Reuters has noted that Morgan Stanley sees this as being below Microsoft’s trailing 12-month operating income growth of about 20% and that it may be less than investors were expecting. That said, Morgan Stanley previously noted a high probability of an above-average dividend hike.
Before assigning too much value on Morgan Stanley’s view, consider what an annualized payout of $1.84 per share means when you get into the numbers. Thomson Reuters has earnings estimates of $4.28 per share for fiscal year 2019 and $4.91 for fiscal 2020. Companies have to leave at least some buffer against earnings, and analysts and investors frequently punish companies if they pay out too much of their normalized earnings per share in dividends. After all, that can negatively impact an ability to spend on R&D and stock buybacks and to make acquisitions.
This dividend hike will be finalized at the Microsoft annual shareholder meeting set for November 28, 2018, but you can expect no objections. The dividend is payable on December 13 to shareholders of record on November 15, and the ex-dividend date, where the stock price will be reflected, will be November 14. Shareholders at the close of business on September 26, 2018, will be entitled to vote at the annual shareholders meeting.
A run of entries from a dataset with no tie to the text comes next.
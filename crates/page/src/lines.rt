// The lines of a page. Of a store they show the table length, counts and places, and no element.
ghost use Rattle.std.specs.Prelude.{[], ◌∷◌, ◌≡◌, ◌+◌, ◌≤◌, length};
ghost use Rattle.decimal.specs.Lines.{line};
ghost use Rattle.decimal.specs.Segments.{put};
ghost use Rattle.store_definitions.specs.Answers.{number_means, output};
ghost use Rattle.page.specs.Page.{page_text, page_written};
ghost use Rattle.page.specs.Writing.{Readable};

use terms::Refusal;

const COLUMNS: usize = 6;

const LINE_BYTES: usize = 19;

// The line of one index.
fn put_point(text: &mut [u8], at: usize, index: usize, count: usize, place: usize)
    requires { at + 19 ≤ length text.old }
    ensures { text.new ≡ put at (line 6 (index ∷ count ∷ place ∷ [])) text.old }
{
    let row = [index, count, place];
    decimal::put_line(text, at, COLUMNS, &row);
}

// Kept: no plainer: with the counts' part in place of the table's length a contract has one clause less, and its caller's proof a law of `take` more.
fn write_lines(table_length: usize, reference_count: &[u16], location: &[u16], text: &mut [u8])
    requires { ((table_length ≤ length reference_count.now) × (table_length ≤ length location.now)) × (length (page_text table_length reference_count.now location.now) ≤ length text.old) }
    ensures { text.new ≡ put 0 (page_text table_length reference_count.now location.now) text.old }
{
    let mut end = 0;
    // Kept: a line is for a live index alone, so its place follows from no index; the lines' chunks would have to be asked for one by one.
    for i in 0..table_length {
        let count = reference_count[i] as usize;
        if 0 < count {
            let place = location[i] as usize;
            put_point(text, end, i, count, place);
            end += LINE_BYTES;
        }
    }
}

// The page of a table whose live number is known.
pub fn page_unchecked(
    table_length: usize,
    live: usize,
    reference_count: &[u16],
    location: &[u16],
    text: &mut [u8],
) -> Result<usize, Refusal>
    requires { Readable table_length live reference_count.now location.now }
    ensures { output (number_means result) text.new ≡ page_written table_length reference_count.now location.now text.old }
{
    let length = live * LINE_BYTES;
    if text.len() < length {
        return Err(Refusal::TextLength);
    }
    write_lines(table_length, reference_count, location, text);
    Ok(length)
}
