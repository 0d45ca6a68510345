// The store's page.
ghost use Rattle.std.specs.Prelude.{◌≡◌};
ghost use Rattle.store_definitions.specs.Answers.{number_means, output};
ghost use Rattle.store_definitions.specs.Lent.{lent};
ghost use Rattle.store_definitions.specs.Memory.{point_store};
ghost use Rattle.page.specs.Page.{page_spec};

use crate::lines::page_unchecked;
use store_check::check;
use store_definitions::{Store, Tables};
use terms::{FloatBits, Refusal};

// Answers the page's length. A text that is too short is not written to.
pub fn page(
    s: Store,
    store: &[FloatBits],
    last_known_shingle: &[FloatBits],
    tables: Tables,
    text: &mut [u8],
) -> Result<usize, Refusal>
    ensures { output (number_means result) text.new ≡ page_spec (point_store s (lent store.now last_known_shingle.now tables.entry)) text.old }
{
    let figures = check(s, store.len(), last_known_shingle.len(), tables).ok_or(
        Refusal::IllFormed,
    )?;
    page_unchecked(
        s.index_manager.capacity,
        figures.live,
        tables.reference_count,
        tables.location,
        text,
    )
}
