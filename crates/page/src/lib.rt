// Document 02, Point 7: a store on a page, one line for each live index in rising order.
#![tactic(auto)]

mod call;
mod lines;

pub use call::page;
pub use lines::page_unchecked;
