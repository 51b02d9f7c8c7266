//! All torrents of a bucket.

use crate::changes::{add_last, drop_due};
use crate::hints::{fit, name_of};
use crate::index::Index;
use crate::joining::{JoinError, Joining};
use crate::stored::{Stored, peers_held};
use age_ring::AgeRing;
use node_table::Steps;
use ot_base::laws::{equal_hashes, hashes_in_order};
use ot_base::{Counts, Endpoint, InfoHash, Limits, Minute, Peers, Row, Rows};
use place_hints::{FEW, Hints};
use std::alloc::{AllocError, Global};
use std::marker::Model;
use std::sync::ledger::Ledger;
use tracker_model::TORRENT_MINUTES;

/// The torrents that are known, in an order that grows at its end: where one goes, the last one
/// moves into its place. Contracts see their list, the limits and the time.
///
/// The ring has their hashes by the minute of their last touch, and the list beside it what else is
/// stored of them, in the same order. The index tells the place of a hash.
#[derive(Drop)]
pub struct Torrents {
    limits: Limits,
    ring: AgeRing<InfoHash>,
    index: Index,
    /// Where to look first; none for a few torrents.
    hints: Hints,
    list: Vec<Stored>,
}

impl Model for Torrents {
    ghost use Rattle.bucket.specs.Index.{place_in};
    ghost use Rattle.bucket.specs.Table.{IsKept, Table, torrents_by};

    ghost Value = { Table };

    ghost view = { λ t. record {
      limits = t.limits;
      time = t.ring.time;
      torrents = torrents_by t.ring.pairs t.list.items;
    } };

    ghost invariant = { λ t. IsKept t.limits t.ring (place_in t.index) t.list.items };
}

impl Torrents {
    ghost use Rattle.std.specs.Prelude.{◌≡◌, ◌==◌, ◌+◌, ◌<◌, ◌≤◌, [], ◌∷◌, ◌++◌, IfOk, IfSome, IsTrue, OnErr, OnOk, MatchOption, Some, length, slice_get, sum_by, None};
    ghost use Rattle.std.specs.List.{AllZip};
    ghost use Rattle.ot_base.specs.Address.{family_of};
    ghost use Rattle.tracker_model.specs.Settings.{AreLimits};
    ghost use Rattle.tracker_model.specs.Shape.{Torrent, peers_of, torrent_of};
    ghost use Rattle.tracker_model.specs.declared.limits.TheConstants.{TORRENT_MINUTES};
    ghost use Rattle.swarm.specs.Peers.{choice_of};
    ghost use Rattle.bucket.specs.Calls.{Adds, AreRowsOf, Forgets, JoinsAt, Stays};
    ghost use Rattle.bucket.specs.Table.{IsSound, pairs_of};
    ghost use Rattle.bucket.specs.Torrents.{Freshens, Turns, is_full_for, of_family, place_of, tally, without_peer};

    /// No torrents, at the minute 0. Of memory it takes four bytes for each of the 1,440 ages.
    pub fn new(alloc: Global, limits: Limits) -> Result<Self, AllocError>
        requires { AreLimits limits }
        ensures { IfOk result (λ torrents. torrents ≡
            record { limits = limits; time = 0; torrents = [] }) }
    {
        Ok(Torrents {
            limits,
            ring: AgeRing::new(alloc, TORRENT_MINUTES, 0)?,
            index: Index::new(alloc),
            hints: Hints::new(alloc),
            list: Vec::new(alloc),
        })
    }

    /// How many torrents there may be, and peers in each.
    pub fn limits(&self) -> Limits
        ensures { result ≡ self.now.limits }
    {
        self.limits
    }

    /// The greatest time that they were moved on to.
    pub fn time(&self) -> Minute
        ensures time { result.0 ≡ self.now.time }
        ensures sound { IsSound self.now }
    {
        Minute(self.ring.time())
    }

    /// The ring, which has the hashes in their order with their touches.
    pub fn ring(&self) -> &AgeRing<InfoHash>
        ensures pairs { result.now.pairs ≡ pairs_of self.now.torrents }
        ensures time { result.now.time ≡ self.now.time }
        ensures ages { result.now.ages ≡ TORRENT_MINUTES }
    {
        &self.ring
    }

    /// How many peers there are in all of them.
    pub fn held(&self) -> u64
        ensures { result ≡ sum_by (λ torrent. length (peers_of torrent)) self.now.torrents }
    {
        peers_held(&self.list)
    }

    /// The place of the torrent of a hash.
    pub fn place(&self, hash: &InfoHash) -> Option<u32>
        ensures { result ≡ place_of hash.now self.now.torrents }
    {
        if self.ring.len() <= FEW {
            return self.look_through(hash);
        }
        match self.hinted(hash) {
            Some(place) => Some(place),
            None => self.index.get(hash),
        }
    }

    /// The place that is hinted at, where the torrent stands there.
    fn hinted(&self, hash: &InfoHash) -> Option<u32>
        ensures { IfSome result (λ place. place_of hash.now self.now.torrents ≡ Some place) }
    {
        let place = self.hints.get(name_of(hash))?;
        if !self.stands_at(hash, place) {
            return None;
        }
        Some(place)
    }

    /// Whether there is a place of that number, and the torrent of the hash stands there.
    fn stands_at(&self, hash: &InfoHash, place: u32) -> bool
        ensures { IsTrue result → place_of hash.now self.now.torrents ≡ Some place }
    {
        equal_hashes();
        place < self.ring.len() && self.ring.item(place) == *hash
    }

    /// The same, without the index: each torrent is looked at, from the first to the last.
    fn look_through(&self, hash: &InfoHash) -> Option<u32>
        ensures { result ≡ place_of hash.now self.now.torrents }
    {
        equal_hashes();
        for place in 0..self.ring.len() {
            if self.ring.item(place) == *hash {
                return Some(place);
            }
        }
        None
    }

    /// The counts of the torrent at a place.
    pub fn counts(&self, place: u32) -> Counts
        requires { place < length self.now.torrents }
        ensures { MatchOption (slice_get self.now.torrents place) ⊥
            (λ torrent. result ≡ tally torrent) }
    {
        self.list[place as usize].counts()
    }

    /// Whether there are as many torrents as there may be.
    pub fn is_full(&self) -> bool
        ensures { result ≡ (length self.now.torrents == self.now.limits.torrents) }
    {
        self.ring.len() == self.limits.torrents
    }

    /// Whether an endpoint isn't one of the peers of the torrent at a place, and these are as many
    /// as there may be.
    pub fn is_full_for(&self, place: u32, who: &Endpoint) -> bool
        requires { place < length self.now.torrents }
        ensures { MatchOption (slice_get self.now.torrents place) ⊥
            (λ torrent. result ≡ is_full_for self.now.limits.peers who.now torrent) }
    {
        self.list[place as usize].is_full_for(self.limits.peers, who)
    }

    /// Adds to an empty list the endpoints that the words choose among the peers of the torrent at
    /// a place that are of the asker's family and not the asker.
    pub fn choose(
        &self,
        place: u32,
        asker: &Endpoint,
        want: u32,
        words: &[u32; 200],
        told: &mut Peers,
    )
        requires within { place < length self.now.torrents }
        requires few { want ≤ 200 }
        requires empty { told.old ≡ [] }
        ensures { MatchOption (slice_get self.now.torrents place) ⊥
            (λ torrent. told.new ≡ choice_of words.now asker.now want
            (of_family (family_of asker.now.addr) torrent)) }
    {
        self.list[place as usize].choose(asker, want, words, told);
    }

    /// The rows of all torrents, ascending by hash.
    pub fn rows(&self) -> Result<Rows, AllocError>
        ensures { IfOk result (λ rows. AreRowsOf self.now rows) }
    {
        hashes_in_order();
        let mut rows = Vec::with_capacity(*self.list.allocator(), self.list.len())?;
        for (hash, place) in &self.index.places {
            rows.push(Row {
                hash: *hash,
                counts: self.list[*place as usize].counts(),
            })?;
        }
        Ok(Rows::from(rows))
    }

    /// Moves the time on. The torrents that weren't touched for a day go. Where time stands still
    /// this costs nothing.
    pub fn move_on<L: Ledger>(&mut self, now: Minute, steps: &mut Steps<L>)
        requires { self.old.time ≤ now.0 }
        ensures { Forgets now.0 self.old self.new }
    {
        let start = self.ring.time();
        if start == now.0 {
            return;
        }
        for minute in 0..(now.0 - start).min(TORRENT_MINUTES) {
            self.pass_to(start + minute + 1, steps);
        }
        self.pass_to(now.0, steps);
        self.release();
    }

    /// The same, at the cost of a look at each minute for each torrent that goes.
    fn pass_to<L: Ledger>(&mut self, minute: u32, steps: &mut Steps<L>)
        requires { self.old.time ≤ minute }
        ensures { Forgets minute self.old self.new }
    {
        drop_due(
            &mut self.ring,
            &mut self.index,
            &mut self.list,
            minute,
            steps,
        );
        self.ring.advance(minute, steps);
    }

    /// Gives memory back where a third of the room or more is spare: at least a sixth of the
    /// torrents that the room was made for have left it, so it doesn't come and go with a few
    /// torrents.
    fn release(&mut self)
        ensures { self.new ≡ self.old }
    {
        let len = self.ring.len();
        if self.ring.spare() > len / 2 + 8 {
            self.ring.shrink();
            self.list.shrink_to_fit();
        }
        fit(&mut self.hints, &self.ring);
    }

    /// Drops the peers that aren't live of the torrent at a place.
    pub fn refresh<L: Ledger>(&mut self, place: u32, steps: &mut Steps<L>)
        requires { place < length self.old.torrents }
        ensures stays { Stays self.old self.new }
        ensures turns { Turns place (Freshens self.old.time) self.old.torrents self.new.torrents }
    {
        self.list[place as usize].move_on(Minute(self.ring.time()), steps);
    }

    /// Drops the peers that aren't live of all torrents.
    pub fn refresh_all<L: Ledger>(&mut self, steps: &mut Steps<L>)
        ensures stays { Stays self.old self.new }
        ensures freshens { AllZip (Freshens self.old.time) self.old.torrents self.new.torrents }
    {
        for place in 0..self.ring.len() {
            self.refresh(place, steps);
        }
    }

    /// Lets an endpoint take part in the torrent at a place. Its peers that aren't live go first;
    /// where it is refused nothing else changes.
    pub fn put<L: Ledger>(
        &mut self,
        place: u32,
        joining: &Joining,
        steps: &mut Steps<L>,
    ) -> Result<(), JoinError>
        requires { place < length self.old.torrents }
        ensures stays { Stays self.old self.new }
        ensures joins { JoinsAt place joining.now self.old self.new result }
    {
        let now = Minute(self.ring.time());
        self.list[place as usize].join(self.limits.peers, now, joining, steps)?;
        self.ring.renew(place, steps);
        self.hints.set(name_of(&joining.hash), place);
        Ok(())
    }

    /// Lets an endpoint take part in a torrent that isn't there yet, and gives its place. Where it
    /// is refused nothing changes.
    pub fn add<L: Ledger>(
        &mut self,
        joining: &Joining,
        steps: &mut Steps<L>,
    ) -> Result<u32, JoinError>
        requires { place_of joining.now.hash self.old.torrents ≡ None }
        ensures stays { Stays self.old self.new }
        ensures adds { Adds joining.now self.old self.new result }
        ensures place { IfOk result (λ place. place ≡ length self.old.torrents) }
    {
        let place = self.ring.len();
        if place == self.limits.torrents {
            return Err(JoinError::BucketFull);
        }
        let now = Minute(self.ring.time());
        let stored = Stored::with_first(*self.list.allocator(), now, joining, steps)?;
        add_last(
            &mut self.ring,
            &mut self.index,
            &mut self.list,
            joining.hash,
            stored,
            steps,
        )?;
        fit(&mut self.hints, &self.ring);
        self.hints.set(name_of(&joining.hash), place);
        Ok(place)
    }

    /// Takes an endpoint out of the torrent at a place, if it is one of its peers.
    pub fn take<L: Ledger>(&mut self, place: u32, who: &Endpoint, steps: &mut Steps<L>)
        requires { place < length self.old.torrents }
        ensures stays { Stays self.old self.new }
        ensures turns { Turns place (λ before after. after ≡ without_peer who.now before)
            self.old.torrents self.new.torrents }
    {
        self.list[place as usize].take(who, steps);
    }
}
Microsoft shares were last seen trading down 1.4% at $111.65 on Wednesday morning. Maybe some investors wanted a larger dividend hike, but having a nearly 10% dividend hike is still quite impressive. Microsoft has a 52-week trading range of $72.92 to $113.73 and a consensus analyst target price of $123.24.
Sometimes dividend hikes are well received and sometimes they are used as an excuse to take some profits. The latter seems to be the case for the time being.